Problem details: Somewhere below, one line contains "Some((of, digest)) =>" and a later line contains "bytes in hexadecimal.". Output those two lines and everything between them exactly, and nothing else.

*** Records supplied Section Begins ***

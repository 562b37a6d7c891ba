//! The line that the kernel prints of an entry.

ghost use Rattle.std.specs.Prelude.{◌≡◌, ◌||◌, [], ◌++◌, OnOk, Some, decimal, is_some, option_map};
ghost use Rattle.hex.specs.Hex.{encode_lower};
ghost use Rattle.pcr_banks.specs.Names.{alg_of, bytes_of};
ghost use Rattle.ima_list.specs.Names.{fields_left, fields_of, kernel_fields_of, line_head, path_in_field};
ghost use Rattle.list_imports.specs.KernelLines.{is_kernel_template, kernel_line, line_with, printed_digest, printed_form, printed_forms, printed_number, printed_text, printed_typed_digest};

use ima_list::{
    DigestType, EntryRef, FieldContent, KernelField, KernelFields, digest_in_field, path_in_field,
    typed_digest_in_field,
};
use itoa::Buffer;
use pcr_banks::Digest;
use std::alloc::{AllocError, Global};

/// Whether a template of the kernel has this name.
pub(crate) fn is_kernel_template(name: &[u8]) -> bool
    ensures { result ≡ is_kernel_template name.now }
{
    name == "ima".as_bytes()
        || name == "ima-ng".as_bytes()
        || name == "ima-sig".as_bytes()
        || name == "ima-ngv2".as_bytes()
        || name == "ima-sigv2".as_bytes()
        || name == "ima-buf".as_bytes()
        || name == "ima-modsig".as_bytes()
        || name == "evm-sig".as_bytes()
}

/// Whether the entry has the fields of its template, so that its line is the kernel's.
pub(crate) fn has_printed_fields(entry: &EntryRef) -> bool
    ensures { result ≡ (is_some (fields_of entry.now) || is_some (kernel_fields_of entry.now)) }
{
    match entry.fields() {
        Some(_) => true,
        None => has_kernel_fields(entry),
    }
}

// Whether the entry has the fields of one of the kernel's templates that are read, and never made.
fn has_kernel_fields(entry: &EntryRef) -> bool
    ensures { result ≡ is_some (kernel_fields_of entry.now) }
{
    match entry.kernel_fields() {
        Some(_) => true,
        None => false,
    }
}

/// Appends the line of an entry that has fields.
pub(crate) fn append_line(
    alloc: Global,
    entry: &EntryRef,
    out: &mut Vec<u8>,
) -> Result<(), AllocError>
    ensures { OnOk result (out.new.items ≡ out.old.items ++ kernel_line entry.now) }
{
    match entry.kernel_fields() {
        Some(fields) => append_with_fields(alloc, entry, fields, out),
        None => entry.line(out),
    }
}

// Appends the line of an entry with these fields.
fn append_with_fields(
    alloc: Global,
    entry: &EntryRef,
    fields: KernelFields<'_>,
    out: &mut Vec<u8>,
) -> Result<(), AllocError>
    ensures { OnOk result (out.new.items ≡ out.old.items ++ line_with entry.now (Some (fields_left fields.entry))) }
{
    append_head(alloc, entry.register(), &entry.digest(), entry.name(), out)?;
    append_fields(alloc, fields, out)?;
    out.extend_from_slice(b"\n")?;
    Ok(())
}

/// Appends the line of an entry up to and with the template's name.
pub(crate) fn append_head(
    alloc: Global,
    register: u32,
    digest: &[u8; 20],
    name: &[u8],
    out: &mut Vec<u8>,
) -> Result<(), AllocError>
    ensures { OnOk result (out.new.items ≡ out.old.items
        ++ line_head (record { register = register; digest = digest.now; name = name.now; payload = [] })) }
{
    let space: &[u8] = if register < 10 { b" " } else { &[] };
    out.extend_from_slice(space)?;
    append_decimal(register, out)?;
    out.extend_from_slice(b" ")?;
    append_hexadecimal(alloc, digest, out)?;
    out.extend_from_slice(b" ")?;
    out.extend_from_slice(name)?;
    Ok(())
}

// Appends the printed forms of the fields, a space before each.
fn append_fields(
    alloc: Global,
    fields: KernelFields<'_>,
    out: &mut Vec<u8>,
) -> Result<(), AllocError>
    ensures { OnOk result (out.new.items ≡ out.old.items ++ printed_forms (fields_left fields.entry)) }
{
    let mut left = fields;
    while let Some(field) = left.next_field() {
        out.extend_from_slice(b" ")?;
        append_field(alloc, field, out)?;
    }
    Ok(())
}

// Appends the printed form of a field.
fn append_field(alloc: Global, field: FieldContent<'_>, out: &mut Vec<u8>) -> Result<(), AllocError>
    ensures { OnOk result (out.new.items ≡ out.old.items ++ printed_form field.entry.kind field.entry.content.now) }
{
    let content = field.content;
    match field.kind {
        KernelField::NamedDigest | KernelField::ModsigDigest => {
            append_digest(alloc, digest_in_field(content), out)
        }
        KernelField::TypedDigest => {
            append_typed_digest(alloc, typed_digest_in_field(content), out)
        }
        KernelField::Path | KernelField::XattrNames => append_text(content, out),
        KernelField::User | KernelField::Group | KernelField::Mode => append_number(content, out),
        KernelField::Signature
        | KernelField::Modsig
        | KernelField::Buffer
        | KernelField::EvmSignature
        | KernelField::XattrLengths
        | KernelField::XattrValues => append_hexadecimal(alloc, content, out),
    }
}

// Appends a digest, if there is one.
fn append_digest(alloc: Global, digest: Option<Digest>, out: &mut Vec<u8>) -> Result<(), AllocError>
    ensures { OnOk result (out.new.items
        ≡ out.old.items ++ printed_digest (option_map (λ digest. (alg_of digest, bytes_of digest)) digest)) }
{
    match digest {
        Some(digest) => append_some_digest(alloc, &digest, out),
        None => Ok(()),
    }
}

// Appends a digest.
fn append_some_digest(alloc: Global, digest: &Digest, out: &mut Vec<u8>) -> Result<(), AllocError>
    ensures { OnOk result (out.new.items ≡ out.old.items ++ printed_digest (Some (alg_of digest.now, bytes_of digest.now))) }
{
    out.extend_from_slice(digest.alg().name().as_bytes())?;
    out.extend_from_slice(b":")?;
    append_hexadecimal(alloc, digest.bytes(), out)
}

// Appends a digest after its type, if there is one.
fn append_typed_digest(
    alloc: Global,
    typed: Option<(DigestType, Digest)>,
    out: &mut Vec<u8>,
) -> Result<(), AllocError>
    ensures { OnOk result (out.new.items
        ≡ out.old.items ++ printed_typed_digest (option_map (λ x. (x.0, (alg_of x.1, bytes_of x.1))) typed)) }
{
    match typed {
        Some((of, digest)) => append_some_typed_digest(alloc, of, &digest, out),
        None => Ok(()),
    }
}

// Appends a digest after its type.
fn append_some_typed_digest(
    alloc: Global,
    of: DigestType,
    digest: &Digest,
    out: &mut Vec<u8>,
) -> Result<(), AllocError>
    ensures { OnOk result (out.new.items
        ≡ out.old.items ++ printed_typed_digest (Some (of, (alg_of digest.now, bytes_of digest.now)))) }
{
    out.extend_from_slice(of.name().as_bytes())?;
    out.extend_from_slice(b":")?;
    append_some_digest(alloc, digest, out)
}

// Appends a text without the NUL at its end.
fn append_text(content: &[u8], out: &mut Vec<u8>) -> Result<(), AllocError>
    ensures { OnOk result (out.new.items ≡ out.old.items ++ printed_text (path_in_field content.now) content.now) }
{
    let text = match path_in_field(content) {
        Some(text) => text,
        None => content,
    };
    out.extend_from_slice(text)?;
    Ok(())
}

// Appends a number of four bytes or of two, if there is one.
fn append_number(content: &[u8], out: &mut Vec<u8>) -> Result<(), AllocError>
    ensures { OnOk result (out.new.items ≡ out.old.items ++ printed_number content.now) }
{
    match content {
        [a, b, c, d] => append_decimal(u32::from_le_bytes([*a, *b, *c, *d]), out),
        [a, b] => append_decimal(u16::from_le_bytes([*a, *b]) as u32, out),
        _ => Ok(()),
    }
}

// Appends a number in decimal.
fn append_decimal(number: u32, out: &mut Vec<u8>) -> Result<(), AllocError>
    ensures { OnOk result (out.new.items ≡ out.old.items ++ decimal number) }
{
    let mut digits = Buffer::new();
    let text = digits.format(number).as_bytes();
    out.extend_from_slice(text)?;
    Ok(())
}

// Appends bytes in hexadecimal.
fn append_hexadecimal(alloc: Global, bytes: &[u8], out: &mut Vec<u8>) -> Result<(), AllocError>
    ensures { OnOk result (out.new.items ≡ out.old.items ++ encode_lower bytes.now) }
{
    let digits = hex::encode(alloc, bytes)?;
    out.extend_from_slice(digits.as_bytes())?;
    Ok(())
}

*** Records supplied Section Ends ***

The answer:
        Some((of, digest)) => append_some_typed_digest(alloc, of, &digest, out),
        None => Ok(()),
    }
}

// Appends a digest after its type.
fn append_some_typed_digest(
    alloc: Global,
    of: DigestType,
    digest: &Digest,
    out: &mut Vec<u8>,
) -> Result<(), AllocError>
    ensures { OnOk result (out.new.items
        ≡ out.old.items ++ printed_typed_digest (Some (of, (alg_of digest.now, bytes_of digest.now)))) }
{
    out.extend_from_slice(of.name().as_bytes())?;
    out.extend_from_slice(b":")?;
    append_some_digest(alloc, digest, out)
}

// Appends a text without the NUL at its end.
fn append_text(content: &[u8], out: &mut Vec<u8>) -> Result<(), AllocError>
    ensures { OnOk result (out.new.items ≡ out.old.items ++ printed_text (path_in_field content.now) content.now) }
{
    let text = match path_in_field(content) {
        Some(text) => text,
        None => content,
    };
    out.extend_from_slice(text)?;
    Ok(())
}

// Appends a number of four bytes or of two, if there is one.
fn append_number(content: &[u8], out: &mut Vec<u8>) -> Result<(), AllocError>
    ensures { OnOk result (out.new.items ≡ out.old.items ++ printed_number content.now) }
{
    match content {
        [a, b, c, d] => append_decimal(u32::from_le_bytes([*a, *b, *c, *d]), out),
        [a, b] => append_decimal(u16::from_le_bytes([*a, *b]) as u32, out),
        _ => Ok(()),
    }
}

// Appends a number in decimal.
fn append_decimal(number: u32, out: &mut Vec<u8>) -> Result<(), AllocError>
    ensures { OnOk result (out.new.items ≡ out.old.items ++ decimal number) }
{
    let mut digits = Buffer::new();
    let text = digits.format(number).as_bytes();
    out.extend_from_slice(text)?;
    Ok(())
}

// Appends bytes in hexadecimal.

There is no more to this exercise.